The Dawkins et al. chapter also considers how fees should be set in a fee-regulated and subsidised system. They mention the economist’s idea that subsidies are justified by the public benefits of education, that ‘without public subsidy there would be an under-investment in higher education’. They reject this approach because the public benefits are too hard to calculate, but in my view the issues are more significant than just the complexity of identifying and valuing these benefits. There is a larger problem with the theory.
With some temporary downturns, participation in post-school education education has been increasing around the world for decades. As I noted in another post, this has happened regardless of funding system, but with the lower-subsidy systems having slightly higher participation rates – the opposite of what we would expect if the economist’s theory was right.
Increased participation in education is driven by social expectations, intrinsic interest in the field of study and related careers, and the financial benefits often associated with qualifications. Tuition subsidies increase the net financial benefit to students/graduates, but only rarely will this increase be large enough to shift a cost-benefit analysis that already takes into account job prospects and potential salary levels. Financial incentives also have limited capacity to shift course choices outside the student’s range of interests. These issues are why Job-ready Graduates student contribution changes were never likely to make a big difference to patterns of demand.

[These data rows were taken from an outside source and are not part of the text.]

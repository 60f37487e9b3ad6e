// What is said of a file that is refused: where, why, and what it may be.
use crate::config_place::text_of;
use desk_watch::Shown;
use site_frame::RecordWhy;
use site_top::{Outcome, Request};
use std::fmt::{self, Display, Formatter, Write};
use std::fs::{self, Files};
use std::io::{self, Eprint};
use ts_packet::{SIZE, SYNC};

// How many units at the front of a file tell that it is a transport stream.
const UNITS: usize = 3;

// A packet of a transport stream that is none, and whether the file ends inside it, if that is known.
#[derive(Clone, Copy)]
struct BadPacket {
    packet: u64,
    ends: Option<bool>,
}

impl Display for BadPacket {
    fn fmt<W: Write>(&self, f: &mut Formatter<W>) -> fmt::Result {
        let packet = self.packet;
        if self.ends == Some(true) {
            return write!(f, "the file ends inside packet {packet}, counted from 0");
        }
        write!(
            f,
            "packet {packet}, counted from 0, does not begin with the sync byte 0x47"
        )?;
        match self.ends {
            Some(_) => Ok(()),
            None => write!(f, ", or the file ends inside it"),
        }
    }
}

// Whether a file ends inside a packet that is none, or before it. Of a pipe it is not known.
fn ends_inside(rt: &impl Files, name: &str, packet: u64) -> Option<bool> {
    let data = fs::metadata(rt, name).ok()?;
    if data.is_file() {
        Some(data.len() / SIZE as u64 <= packet)
    } else {
        None
    }
}

/// Says that a packet of an input is none.
pub fn say_bad_packet(rt: &(impl Eprint + Files), name: &str, packet: u64) -> io::Result<()> {
    let ends = ends_inside(rt, name, packet);
    eprintln!(rt;
        "{}: {}; OUT holds the units of the frames before; share/cut/cut.py in front passes over what is no packet",
        Shown(name),
        BadPacket { packet, ends }
    )
}

// Whether a front is that of a transport stream.
fn begins_stream(front: &[u8]) -> bool {
    let mut units = front.chunks(SIZE).take(UNITS);
    front.len() >= SIZE && units.all(|unit| unit.first() == Some(&SYNC))
}

// Whether a named file begins as a transport stream. A pipe is not read again.
fn is_stream(rt: &(impl Files + AllocGlobal), name: &str) -> bool {
    text_of(rt, name).map_or(false, |front| begins_stream(&front))
}

fn say_stream(rt: &impl Eprint, name: &str) -> io::Result<()> {
    eprintln!(rt;
        "{}: it begins as a transport stream; `show t2mi` shows it",
        Shown(name)
    )
}

/// Says where a file of T2-MI packets has none.
pub fn say_no_packet(
    rt: &(impl Eprint + Files + AllocGlobal),
    name: &str,
    outcome: Outcome,
) -> io::Result<()> {
    let Outcome::PacketRefused { at, why } = outcome else {
        return Ok(());
    };
    if at == 0 && is_stream(rt, name) {
        return say_stream(rt, name);
    }
    let before = if at == 0 {
        ""
    } else {
        "the packets before it were shown; "
    };
    eprintln!(rt;
        "{}: no T2-MI packet begins at byte {at}: {why}; {before}see that the file holds whole packets and nothing else",
        Shown(name)
    )
}

// Why bytes are no record, for people.
#[derive(Clone, Copy)]
struct WhyNoRecord(RecordWhy);

impl Display for WhyNoRecord {
    fn fmt<W: Write>(&self, f: &mut Formatter<W>) -> fmt::Result {
        match self.0 {
            RecordWhy::Head => write!(f, "no head of a record, or the file ends inside it"),
            RecordWhy::Length => write!(
                f,
                "the file ends inside it, or its parts do not fill its length"
            ),
            why => write!(f, "{why}"),
        }
    }
}

/// Says which record of a file is none, or not the one that is expected.
pub fn say_no_record(
    rt: &(impl Eprint + Files + AllocGlobal),
    request: Option<Request<'_>>,
    name: &str,
    number: u64,
    why: RecordWhy,
) -> io::Result<()> {
    if number == 0 && is_stream(rt, name) {
        return say_stream(rt, name);
    }
    let receives = matches!(
        request,
        Some(Request::Receive { .. } | Request::CommonReceive { .. })
    );
    let (before, holds) = if receives {
        (
            "OUT holds what the records before it give back; ",
            "the records of successive frames of CONFIG",
        )
    } else {
        ("the records before it were shown; ", "whole records")
    };
    eprintln!(rt;
        "{}: record {number}, counted from 0: {}; {}see that the file holds {holds} and nothing else",
        Shown(name),
        WhyNoRecord(why),
        if number == 0 { "" } else { before }
    )
}
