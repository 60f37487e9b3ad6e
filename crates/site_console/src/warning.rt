// What is said of words before a run: names of files that people may mean otherwise.
use crate::named_file::out_of;
use desk_watch::Shown;
use site_top::{Request, Word};
use std::fs::{self, Files};
use std::io::{self, Eprint};

// How many words are this one.
fn count_of(words: &[Word], name: &str) -> usize {
    words.iter().filter(|word| word.as_str() == name).count()
}

// Says of a word `-` that it is the name of a file, which it is not for other programs.
fn warn_of_dash(rt: &impl Eprint, words: &[Word]) -> io::Result<()> {
    if count_of(words, "-") == 0 {
        return Ok(());
    }
    eprintln!(rt;
        "- is taken as the name of a file; standard input is /dev/stdin, and a stream is written to a descriptor of its own: /dev/fd/3 with 3>.."
    )
}

// Says that standard input is named twice, if it is a pipe.
fn warn_of_twice(rt: &(impl Eprint + Files), words: &[Word]) -> io::Result<()> {
    if count_of(words, "/dev/stdin") < 2 || fs::metadata(rt, "/dev/stdin")?.is_file() {
        return Ok(());
    }
    eprintln!(rt; "/dev/stdin is named twice: a pipe gives its bytes once")
}

// Says of an OUT that it is no option, or that the line of the command comes behind it: a file of the disc is refused.
fn warn_of_out(rt: &(impl Eprint + Files), out: &str) -> io::Result<()> {
    if out.starts_with("--") {
        eprintln!(rt;
            "{} is taken as the name of a file; there are no options but --help and --version",
            Shown(out)
        )
    } else if out == "/dev/stdout" && !fs::metadata(rt, out)?.is_file() {
        eprintln!(rt;
            "/dev/stdout: the line of the command follows the stream; a stream is written to a descriptor of its own: /dev/fd/3 with 3>.."
        )
    } else {
        Ok(())
    }
}

/// Says of words which names of files may be meant otherwise, as far as standard error takes it.
pub fn warn(rt: &(impl Eprint + Files), words: &[Word], request: Option<Request<'_>>) {
    let _ = warn_of_dash(rt, words);
    let _ = warn_of_twice(rt, words);
    if let Some(out) = out_of(request) {
        let _ = warn_of_out(rt, out);
    }
}
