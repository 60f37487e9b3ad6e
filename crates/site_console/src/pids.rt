// On which PID `show t2mi` looked, and which others the file has.
use crate::front::front_of;
use desk_watch::Shown;
use std::fmt::{self, Display, Formatter, Write};
use std::fs::{self, Files};
use std::io::{self, Eprint};
use t2mi_stream::unit_pid;
use ts_packet::SIZE;

// How many units at the front of a file are looked at, and how many PIDs are told at most.
const UNITS: usize = 5_000;

const MOST_PIDS: usize = 32;

// PIDs, one behind another.
#[derive(Clone, Copy)]
struct Pids<'a>(&'a [u16]);

impl Display for Pids<'_> {
    fn fmt<W: Write>(&self, f: &mut Formatter<W>) -> fmt::Result {
        let mut before = "";
        for pid in self.0 {
            write!(f, "{before}{pid}")?;
            before = ", ";
        }
        Ok(())
    }
}

// The PID that a unit tells.
fn pid_of(unit: &[u8]) -> Option<u16> {
    unit_pid(unit.try_into().ok()?)
}

// The PIDs that units tell, each where it comes first.
fn pids_in(rt: &impl AllocGlobal, bytes: &[u8]) -> io::Result<Vec<u16>> {
    let mut pids = Vec::new(rt.alloc());
    for unit in bytes.chunks_exact(SIZE) {
        if let Some(pid) = pid_of(unit) {
            if pids.len() < MOST_PIDS && !pids.contains(&pid) {
                pids.push(pid)?;
            }
        }
    }
    Ok(pids)
}

/// Says on which PID of a file T2-MI was looked for: the first one in it. If none came there, the others are told. A
/// pipe gives its bytes once, so nothing is told of it.
pub fn say_pids(
    rt: &(impl Eprint + Files + AllocGlobal),
    name: &str,
    none_came: bool,
) -> io::Result<()> {
    if !fs::metadata(rt, name)?.is_file() {
        return Ok(());
    }
    let file = Shown(name);
    let front = front_of(rt, name, UNITS * SIZE)?;
    if front.len() < SIZE {
        return eprintln!(rt; "{file}: it has no unit of 188 bytes");
    }
    let pids = pids_in(rt, &front)?;
    let Some((first, others)) = pids.split_first() else {
        return eprintln!(rt;
            "{file}: no unit of 188 bytes in its first {UNITS} is a transport packet with a payload, other than a null packet"
        );
    };
    if !none_came {
        return eprintln!(rt; "{file}: T2-MI was looked for on PID {first}, the first one in it");
    }
    eprintln!(rt; "{file}: no T2-MI packet came on PID {first}, the first one in it")?;
    if others.is_empty() {
        return Ok(());
    }
    eprintln!(rt;
        "{file}: others in its first {UNITS} units: {}; share/pid/pid.py cuts one out",
        Pids(others)
    )
}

The main practical issue is a cash flow one; post-school education is best done in early adulthood when most people cannot personally afford to pay for full-time study and families have varying capacity and willingness to help. Subsidies and student loans are the solutions, with their relative use varying according to the overall tax and welfare system in each country.
The chapter suggests various ways of setting student contributions – same subsidy for everyone, with fees topping up the rest of the total funding rate; the subsidy being a percentage of overall costs, with possible differences in the percentage between courses based on ‘transparently determined reasons’; and a flat fee with the government paying the rest of the funding rate.
In a 2022 paper on student contributions I argued for setting them with an eye to their practical and political consequences. Practically the main consequence of fee levels with an income contingent loan is the repayment period, with its implications for the debtor’s living standards and the government’s interest subsidy costs and risk of bad debt. That supports student contributions with some link to expected earnings.
Politically all student charges are contentious, but the first two ideas in this chapter, which link fees to teaching costs, create what I call the nurses and lawyers problem – any system that leads to medium teaching cost nursing students paying more than low cost law degree students is immediately in political trouble. The chapter mentions nursing as one of the potential exceptions to the fixed share of teaching costs model, but the expected earnings model directly deals with the issue/intuition behind concerns about high fees for nursing students, rather than creating exceptions to a general rule.
Conclusion
I have not discussed all chapters in Rethinking Tertiary Education, but it is interesting throughout, even where I do not agree with it. It is a worthy tribute to Peter Noonan and his substantial contribution to Australian tertiary education policy.
Thanx for this interesting review.
I was particularly interested to read your support for the continued integration of teaching and research roles for may academics to offer attractive opportunities to explore intellectual interests.
Perhaps another attraction of academia is its considerable discretion over the construction of work, which is being steadily eroded by (government) accountability and (institutional) managerialism.